3.1. Super-Heterodyne Radiometer in Total Power Operation

According to the described procedure, the voltage profile response versus input frequency shown in Figure 8 was obtained with the super-heterodyne topology with the input tone power level corresponding to hot temperature, including also the power due to internal system noise. A Noise figure of 5 dB was estimated by simulation for the system, which corresponds to T_sys = 644.35 K. An ENR = 15 dB converted to T_hot gives a value of 9721.6 K. The estimated bandwidth was 18 GHz. Cold and hot estimated power values were −66.3 dBm and −56.01 dBm, respectively. Considering cases for cold and hot temperature, two points could be marked and the line connecting both give us an estimation of the system responsivity about 1.5 μV/K (Figure 9). Assuming an integration time of 30 ms, according to Equation (1), a value of 27.7 mK could be estimated for ΔT.

3.2. Direct Detection Radiometer in Total Power Operation

The same simulation was performed in the direct detection system, obtaining the Voltage profile response versus input frequency shown in Figure 10 with the input tone power level corresponding in this case to cold temperature (including equivalent power due to system noise). A noise figure of 4 dB was estimated by simulation for the system, which corresponds to T_sys = 450.54 K. T_hot is the same as in the previous case, 9721.6 K. The estimated bandwidth was 20.57 GHz. Cold and hot power estimated were −66.73 dBm and −55.52 dBm, respectively. Considering both cases for hot and cold temperatures, two points could be marked and the line connecting both gives us an estimated system responsivity of about 11.8 μV/K (Figure 11). Assuming an integration time of 30 ms, a value of 18.39 mK could be estimated for ΔT according to Equation (1).

3.3. Comparison of Super-Heterodyne and Direct Detection Radiometers in Total Power Operation

Table 2. Total Power radiometer simulations for both, super-heterodyne and direct detection radiometers.

Topology	BHF (GHz)	NF (dB)	ΔT (mK)	Pin Cold (dBm)	Vmean Cold (mV)	Pin Hot (dBm)	Vmean Hot (mV)	Responsivity (mV/mW)	Responsivity (µV/K)
RF Chain	20.91	3.5	-	-	-	-	-	-	-
RF + mix IF + det IF	17.8	5	27.72	−66.3	1.5	−56.01	16.04	6 × 106	1.5
RF + det W	20.56	4	18.39	−66.73	9.1	−55.52	120.03	4 × 107	11.8

summarizes the comparison of simulated results for both topologies in total power operation. The noise figure of radiometers is dominated by the RF front-end contribution, therefore the expected value of 3.5 dB should be almost maintained when adding the different back-end contributions. A worst-case with an averaged in-band noise figure of 4 dB for direct detection or 5 dB for heterodyne detection has been assumed, according to simulated results supposing some additional losses, to calculate the input power equivalent to system noise.

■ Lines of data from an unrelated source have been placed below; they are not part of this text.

// The public face: the desk of sixteen logical units (LUNs), and the twelve calls as its methods: format, check, bring-up and compact
// (volumes), allocate, delete, assign, close, rewind, read, write, update. Each takes any image, any desk and any numbers, hands the desk
// back in its reply, and states one equation: answer, image, desk and buffer are those of `step` of specs/Calls.
#![tactic(auto)]

use compaction::Ending;
use luns::Lun;
use numbers::LUNS;
use work::Refusal;

pub mod answers;
pub mod assigning;
pub mod filing;
pub mod opening;
pub mod replies;
pub mod seats;
pub mod transfers;
pub mod volumes;

/// The sixteen LUNs.
#[derive(Clone, Copy)]
pub struct Desk {
    pub luns: [Lun; LUNS],
}

/// What a call that was carried out tells: the data bytes moved; check's verdict, with the free sectors; or the sectors that a compaction
/// moved, and why it ended.
#[derive(Clone, Copy)]
pub enum Report {
    Moved(u32),
    Checked { sound: bool, free: u32 },
    Compacted { moved: u32, ending: Ending },
}

/// What a call answers: what was done, or why it is refused.
pub type Answer = Result<Report, Refusal>;

/// What every call hands back: its answer, and the desk after it.
#[derive(Clone, Copy)]
pub struct Reply {
    pub answer: Answer,
    pub desk: Desk,
}
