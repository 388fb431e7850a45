// Read, write and update: the opening that they share, the work, and the LUN's new place.
ghost use Rattle.desk.specs.Desk.{state};
ghost use Rattle.desk.specs.Calls.{Ensured, read, write, update};

use crate::{Answer, Desk, Reply};
use work::{reading, updating, writing};

// Stays: caller, LUN, selector and number are any numbers, as C hands them over and as the definition `Call` of specs/Calls has them.
impl Desk {
    /// Reads sectors or a record into the buffer: Next, Current, Prior or Random, 0 to 3. `formatted`: a variable record is handed over
    /// as the text that it stands for; other files ignore it. Refuses a volume that is not sound or a desk that does not fit, then the
    /// LUN, the mode or selector, a buffer that sectors do not fill, a target past the end, and a buffer shorter than the record or its
    /// text.
    pub fn read(
        mut self,
        image: &[u8],
        caller: u32,
        lun: u32,
        sel: u32,
        num: u32,
        formatted: bool,
        buffer: &mut [u8],
    ) -> Reply
        ensures { Ensured (read caller lun sel num formatted buffer.old) (state image.now self)
            result.answer image.now result.desk buffer.new }
    {
        let answer = self.try_read(image, caller, lun, sel, num, formatted, buffer);
        self.reply(answer)
    }

    // Stays: three times the same three lines, since the works differ in what they lend: a buffer to fill, an image to change.
    fn try_read(
        &mut self,
        image: &[u8],
        caller: u32,
        lun: u32,
        sel: u32,
        num: u32,
        formatted: bool,
        buffer: &mut [u8],
    ) -> Answer
        ensures { Ensured (read caller lun sel num formatted buffer.old) (state image.now self.old)
            result image.now self.new buffer.new }
    {
        let a = self.open(image, caller, lun, sel, num, false)?;
        let done = reading::read(image, a.p, a.slot, a.i, formatted, buffer)?;
        Ok(self.settle(lun, done))
    }

    /// Writes sectors, or appends a record: Next, Current, Prior or Random, 0 to 3. `formatted`: the data are a text, which a variable
    /// file stores with its spaces packed; other files ignore it. Refuses a volume that is not sound or a desk that does not fit, then
    /// the LUN, the mode or selector, the length or a text's byte of $80 or more, a target past the end, a record that is there, too few
    /// free sectors, and a 63rd segment.
    pub fn write(
        mut self,
        image: &mut [u8],
        caller: u32,
        lun: u32,
        sel: u32,
        num: u32,
        formatted: bool,
        data: &[u8],
    ) -> Reply
        ensures { Ensured (write caller lun sel num formatted «data».now) (state image.old self)
            result.answer image.new result.desk «data».now }
    {
        let answer = self.try_write(image, caller, lun, sel, num, formatted, data);
        self.reply(answer)
    }

    fn try_write(
        &mut self,
        image: &mut [u8],
        caller: u32,
        lun: u32,
        sel: u32,
        num: u32,
        formatted: bool,
        data: &[u8],
    ) -> Answer
        ensures { Ensured (write caller lun sel num formatted «data».now) (state image.old self.old)
            result image.new self.new «data».now }
    {
        let a = self.open(image, caller, lun, sel, num, true)?;
        let done = writing::write(image, a.p, a.slot, a.i, formatted, data)?;
        Ok(self.settle(lun, done))
    }

    /// Replaces a record by one that is stored in the same length: Next, Current, Prior or Random, 0 to 3. `formatted` as in a write.
    /// Refuses a volume that is not sound or a desk that does not fit, then the LUN, the mode or selector, a contiguous file, the length
    /// or a text's byte of $80 or more, a target past the end, and another length.
    pub fn update(
        mut self,
        image: &mut [u8],
        caller: u32,
        lun: u32,
        sel: u32,
        num: u32,
        formatted: bool,
        data: &[u8],
    ) -> Reply
        ensures { Ensured (update caller lun sel num formatted «data».now) (state image.old self)
            result.answer image.new result.desk «data».now }
    {
        let answer = self.try_update(image, caller, lun, sel, num, formatted, data);
        self.reply(answer)
    }

    fn try_update(
        &mut self,
        image: &mut [u8],
        caller: u32,
        lun: u32,
        sel: u32,
        num: u32,
        formatted: bool,
        data: &[u8],
    ) -> Answer
        ensures { Ensured (update caller lun sel num formatted «data».now) (state image.old self.old)
            result image.new self.new «data».now }
    {
        let a = self.open(image, caller, lun, sel, num, true)?;
        let done = updating::update(image, a.p, a.slot, a.i, formatted, data)?;
        Ok(self.settle(lun, done))
    }
}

3.4. Super-Heterodyne Radiometer in Dicke Operation

For the simulations, the power of an ON-OFF modulated 90 GHz input tone has been arbitrarily swept from −105 dBm to −55 dBm. Based on the time evolution of output voltage, switching between two states at a low frequency of 100 Hz, an R parameter is defined averaging the difference between V_out (ON) and V_out (OFF). The evolution of the R parameter versus input power and versus input equivalent temperature (Figure 12) has been represented to determine system responsivity. A value of 4.6 µV/K has been found. Further description of R parameter is given in Equation (12), in Section 4.1.2.

3.5. Direct Detection Radiometer in Dicke Operation

As in the previous case, the power of a 90 GHz input tone has been arbitrarily swept from −105 dBm to −57.5 dBm. The time evolution of the output voltage is shown in Figure 13. Based on it, the R parameter is obtained and a system responsivity of 6.4 µV/K has been found in this case (Figure 14), higher than the super-heterodyne radiometer, in agreement with the trend observed in total power responsivity.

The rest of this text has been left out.